Da parte sua, la Cgil "ha richiesto, inascoltata, un supplemento di discussione su come superare il Cnel garantendo alle categorie produttive un canale istituzionale di rapporto con lo Stato, in linea con l’art. 2 della Costituzione che individua nelle formazioni sociali la sede in cui ciascun cittadino può arricchire la propria personalità, e assicurando il rispetto dei Trattati dell’Unione Europea in materia di dialogo sociale".

"La superficialità istituzionale dell’esecutivo ha così prodotto due effetti paradossali: la paralisi del Consiglio e, contemporaneamente, il mantenimento a carico del bilancio pubblico di una spesa annua di circa 9 milioni di euro, destinata ad attività di mera auto-amministrazione. Come suggerito nella nota inviata da Cgil, Cisl e Uil alla presidenza del Consiglio il 23 dicembre 2014 sarebbe stato, invece, necessario un intervento diretto a ridurre all’essenziale le funzioni da affidare ancora al Cnel (quelle di sostegno al dialogo sociale) e a trasferire immediatamente le altre, con Il relativo personale alle pubbliche amministrazioni competenti per materia. In questo modo - si legge ancora - si sarebbero anticipati i risparmi previsti a regime, con la conclusione dell’iter di riforma costituzionale, e create le condizioni per prefigurare un apposito Organismo, estremamente agile e funzionale, di promozione del dialogo sociale".

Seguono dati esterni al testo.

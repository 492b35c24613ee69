//! What no clause says: that calls with ample memory succeed, and what they write of worked rows.

use radio_addr::Peer;
use radio_listing::{
    AboutRow, ListedListener, ListedServer, ListedText, MountRow, OutOfMemory, PublicRow, base_url,
    icecast_status, list_clients, list_mounts, stats, status, stream_list,
};
use std::alloc::Global;

fn about<'a>(
    description: &'a [u8],
    url: &'a [u8],
    bitrate: &'a [u8],
    audio_info: &'a [u8],
) -> AboutRow<'a> {
    AboutRow {
        description: ListedText::of(description),
        url: ListedText::of(url),
        bitrate: ListedText::of(bitrate),
        audio_info: ListedText::of(audio_info),
    }
}

fn mount<'a>(name: &'a [u8], title: &'a [u8], hidden: bool) -> MountRow<'a> {
    mount_with(name, title, hidden, about(b"", b"", b"", b""))
}

/// A mount whose stream says this of itself.
fn mount_with<'a>(
    name: &'a [u8],
    title: &'a [u8],
    hidden: bool,
    about: AboutRow<'a>,
) -> MountRow<'a> {
    let public = PublicRow {
        mount: ListedText::of(name),
        name: ListedText::of(b""),
        genre: ListedText::of(b""),
        content_type: ListedText::of(b"audio/mpeg"),
        title: ListedText::of(title),
        listeners: 1,
        about,
    };
    MountRow {
        public,
        hidden,
        session: 1,
        fallback: None,
    }
}

/// Whether a listing was written, and is this one.
fn is_written(listing: Result<Vec<u8>, OutOfMemory>, want: &[u8]) -> bool {
    match listing {
        Ok(bytes) => bytes.as_slice() == want,
        Err(_) => false,
    }
}

/// What everybody may see of `/a`.
const SHOWN: &[u8] =
    br#"{"mounts":[{"genre":"","listeners":1,"mount":"/a","name":"","title":"X","type":"audio/mpeg"}]}"#;

#[test]
fn public_listings_are_written(rt: HostRuntime) {
    let rows = [mount(b"/a", b"X", false), mount(b"/h", b"", true)];
    assert!(rt; is_written(status(rt.alloc(), &rows), SHOWN));
    assert!(rt; is_written(stream_list(rt.alloc(), &rows), b"/a\r\n"));
}

/// A title with characters that JSON escapes, one that it does not, and bytes that are no text.
const ODD_TITLE: &[u8] = b"\"\\\t\xe2\x80\xa8\xe2\x80";

/// What everybody may see of `/b` with that title.
const ODD_SHOWN: &[u8] =
    b"{\"mounts\":[{\"genre\":\"\",\"listeners\":1,\"mount\":\"/b\",\"name\":\"\",\"title\":\"\\\"\\\\\\t\xe2\x80\xa8\xef\xbf\xbd\",\"type\":\"audio/mpeg\"}]}";

#[test]
fn odd_titles_are_written(rt: HostRuntime) {
    let rows = [mount(b"/b", ODD_TITLE, false)];
    assert!(rt; is_written(status(rt.alloc(), &rows), ODD_SHOWN));
    assert!(rt; is_written(status(rt.alloc(), &[]), br#"{"mounts":[]}"#));
}

/// What the admin may see of `/h`, and of the mounts.
const STATS: &[u8] =
    br#"{"clients":2,"listeners":1,"mounts":[{"genre":"","hidden":true,"listeners":1,"mount":"/h","name":"","session":1,"title":"","type":"audio/mpeg"}],"sources":1}"#;

const MOUNTS: &[u8] = br#"{"mounts":[{"fallback":"","hidden":true,"listeners":1,"mount":"/h"}]}"#;

// rule: List of mounts
#[test]
fn admin_listings_are_written(rt: HostRuntime) {
    let rows = [mount(b"/h", b"", true)];
    assert!(rt; is_written(stats(rt.alloc(), 2, &rows), STATS));
    assert!(rt; is_written(list_mounts(rt.alloc(), &rows), MOUNTS));
}

/// What the admin may see of two listeners.
const LISTENERS: &[u8] =
    b"{\"listeners\":[{\"home\":\"/a\",\"id\":3,\"mount\":\"/a\",\"peer\":\"10.0.0.3\",\"seconds\":0,\"user\":\"\"},{\"home\":\"/b\",\"id\":4,\"mount\":\"/a\",\"peer\":\"0:0:0:0:0:0:0:1\",\"seconds\":9,\"user\":\"\xef\xbf\xbd\"}],\"mount\":\"/a\"}";

#[test]
fn listeners_are_written(rt: HostRuntime) {
    let quad = ListedListener {
        home: ListedText::of(b"/a"),
        id: 3,
        peer: Peer::of_v4(0x0a00_0003),
        seconds: 0,
        user: None,
    };
    let groups = ListedListener {
        home: ListedText::of(b"/b"),
        id: 4,
        peer: Peer::of_v6(1),
        seconds: 9,
        user: Some(ListedText::of(b"\xff")),
    };
    let listing = list_clients(rt.alloc(), &ListedText::of(b"/a"), &[quad, groups]);
    assert!(rt; is_written(listing, LISTENERS));
}

fn server<'a>(base_url: &'a [u8], start: &'a [u8]) -> ListedServer<'a> {
    ListedServer {
        name: ListedText::of(b"radiod"),
        base_url: ListedText::of(base_url),
        start: ListedText::of(start),
    }
}

/// What Icecast's status has of no source, of one, and of two.
const NO_SOURCE: &[u8] = br#"{"icestats":{"server_id":"radiod","source":[]}}"#;

const ONE_SOURCE: &[u8] =
    br#"{"icestats":{"server_id":"radiod","source":{"genre":"","listeners":1,"listenurl":"http://r:8000/a","server_name":"","server_type":"audio/mpeg","title":"X"}}}"#;

const TWO_SOURCES: &str =
    "{\"icestats\":{\"server_id\":\"radiod\",\"source\":[{\"genre\":\"\",\"listeners\":1,\"listenurl\":\"http://r/a\",\"server_name\":\"\",\"server_type\":\"audio/mpeg\",\"title\":\"\u{fffd}\\\"\"},{\"genre\":\"\",\"listeners\":1,\"listenurl\":\"http://r/b c\",\"server_name\":\"\",\"server_type\":\"audio/mpeg\",\"title\":\"\"}]}}";

#[test]
fn icecast_listings_are_written(rt: HostRuntime) {
    let server = server(b"http://r:8000", b"");
    let rows = [mount(b"/a", b"X", false), mount(b"/h", b"", true)];
    assert!(rt; is_written(icecast_status(rt.alloc(), &server, &[]), NO_SOURCE));
    assert!(rt; is_written(icecast_status(rt.alloc(), &server, &rows), ONE_SOURCE));
}

/// Icecast's status of a server that says when it started, and of a source with a bit rate and more, one with parts of these.
const WITH_MORE: &[u8] =
    br#"{"icestats":{"server_id":"radiod","server_start_iso8601":"2026-11-25T08:43:49+0000","source":[{"audio_info":"bitrate=128;channels=2","bitrate":128,"genre":"","listeners":1,"listenurl":"http://r/a","server_description":"Talk","server_name":"","server_type":"audio/mpeg","server_url":"https://r.example/","title":""},{"bitrate":"0128","genre":"","listeners":1,"listenurl":"http://r/b","server_name":"","server_type":"audio/mpeg","title":""},{"bitrate":"Quality 5","genre":"","listeners":1,"listenurl":"http://r/c","server_name":"","server_type":"audio/mpeg","title":""}]}}"#;

#[test]
fn icecast_tells_what_streams_say_of_themselves(rt: HostRuntime) {
    let server = server(b"http://r", b"2026-11-25T08:43:49+0000");
    let whole = about(
        b"Talk",
        b"https://r.example/",
        b"128",
        b"bitrate=128;channels=2",
    );
    let rows = [
        mount_with(b"/a", b"", false, whole),
        mount_with(b"/b", b"", false, about(b"", b"", b"0128", b"")),
        mount_with(b"/c", b"", false, about(b"", b"", b"Quality 5", b"")),
    ];
    assert!(rt; is_written(icecast_status(rt.alloc(), &server, &rows), WITH_MORE));
}

#[test]
fn other_listings_say_nothing_more(rt: HostRuntime) {
    let whole = about(b"Talk", b"https://r.example/", b"128", b"");
    let rows = [mount_with(b"/a", b"X", false, whole)];
    assert!(rt; is_written(status(rt.alloc(), &rows), SHOWN));
}

#[test]
fn icecast_lists_are_written(rt: HostRuntime) {
    let rows = [mount(b"/a", b"\xff\"", false), mount(b"/b c", b"", false)];
    let listing = icecast_status(rt.alloc(), &server(b"http://r", b""), &rows);
    assert!(rt; is_written(listing, TWO_SOURCES.as_bytes()));
}

/// A `Host`, the address where the server listens, and where it is reached; the port is 8000.
const REACHED: &[(&[u8], &[u8], &[u8])] = &[
    (b"radio.example", b"0.0.0.0", b"http://radio.example"),
    (b"Radio.Example:80", b"0.0.0.0", b"http://Radio.Example:80"),
    (b"[2001:db8::1]:8000", b"::", b"http://[2001:db8::1]:8000"),
    (b"", b"127.0.0.1", b"http://127.0.0.1:8000"),
    (b"", b"::1", b"http://[::1]:8000"),
    (b"", b"", b"http://:8000"),
    (b"a\"b/<script>\r\n\xc3\xa9", b"0.0.0.0", b"http://abscript"),
    (b"\"\\ \t", b"10.0.0.1", b"http://10.0.0.1:8000"),
];

fn is_reached(alloc: Global, host: &[u8], address: &[u8], want: &[u8]) -> bool {
    match base_url(alloc, host, address, 8000) {
        Ok(url) => url.as_slice() == want,
        Err(_) => false,
    }
}

// rule: Address of a stream
#[test]
fn servers_are_reached(rt: HostRuntime) {
    for (host, address, want) in REACHED {
        assert!(rt; is_reached(rt.alloc(), host, address, want));
    }
}

fn has_length(alloc: Global, host: &[u8], length: usize) -> bool {
    match base_url(alloc, host, b"", 0) {
        Ok(url) => url.len() == length,
        Err(_) => false,
    }
}

#[test]
fn long_hosts_are_cut(rt: HostRuntime) {
    assert!(rt; has_length(rt.alloc(), &[b'a'; 255], 262));
    assert!(rt; has_length(rt.alloc(), &[b'a'; 300], 262));
}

La lettera dunque prosegue: "La soppressione dell’art. 99 della Costituzione non libera, infatti, l’Italia dall’obbligo di indicare un percorso istituzionale per garantire il “dialogo sociale” ripetutamente richiamato dal Titolo X del Trattato sul funzionamento dell’Unione Europea (articoli 151 e seguenti) e in fase di pieno rilancio da parte dell’attuale presidenza della Commissione europea, come impegno non solo delle istituzioni europee, ma anche dei singoli stati membri. Tale obbligo non appare, del resto, sfuggito neanche in sede di revisione costituzionale: il nuovo testo dell’art. 71 della Costituzione, infatti, al comma 4 recita così: “Al fine di favorire la partecipazione dei cittadini alla determinazione delle politiche pubbliche, la legge costituzionale stabilisce condizioni ed effetti di referendum popolari propositivi e di indirizzo, nonché di altre forme di consultazione, anche delle formazioni sociali"'.

"Ci sarebbe stato perciò modo di individuare una transizione tra l’assetto costituzionale vigente e quello nuovo rispettosa dei Trattati europei e molto meno onerosa per il contribuente, costretto invece, per responsabilità del Governo, a sobbarcarsi per molto tempo ancora un onere inutile. Il Governo ha, infatti, scelto di mantenere fittiziamente in vita il Cnel senza rivederne le competenze, ma impedendone il funzionamento facendo si che, a questo punto, l’Italia sia l’unico paese dell’Unione europea a non disporre di alcun percorso istituzionale che consenta di realizzare il dialogo sociale previsto dai Trattati europei".

Susanna Camusso osserva: "La proroga di tale situazione, per almeno un altro anno, che si configura come un commissariamento affidato agli attuali vertici del Cnel (presidente e segretario generale) che non riscuotono la fiducia delle forze sociali, è politicamente inaccettabile e giuridicamente illegittima. Per tali motivi la Cgil, d’intesa con i suoi consiglieri presenti nell’Assemblea del Cnel, ritira la propria delegazione a far tempo dal 28 luglio 2015. La Cgil si riserva di assumere ogni iniziativa utile per il rispetto delle Leggi della Repubblica e dei Trattati europei", conclude.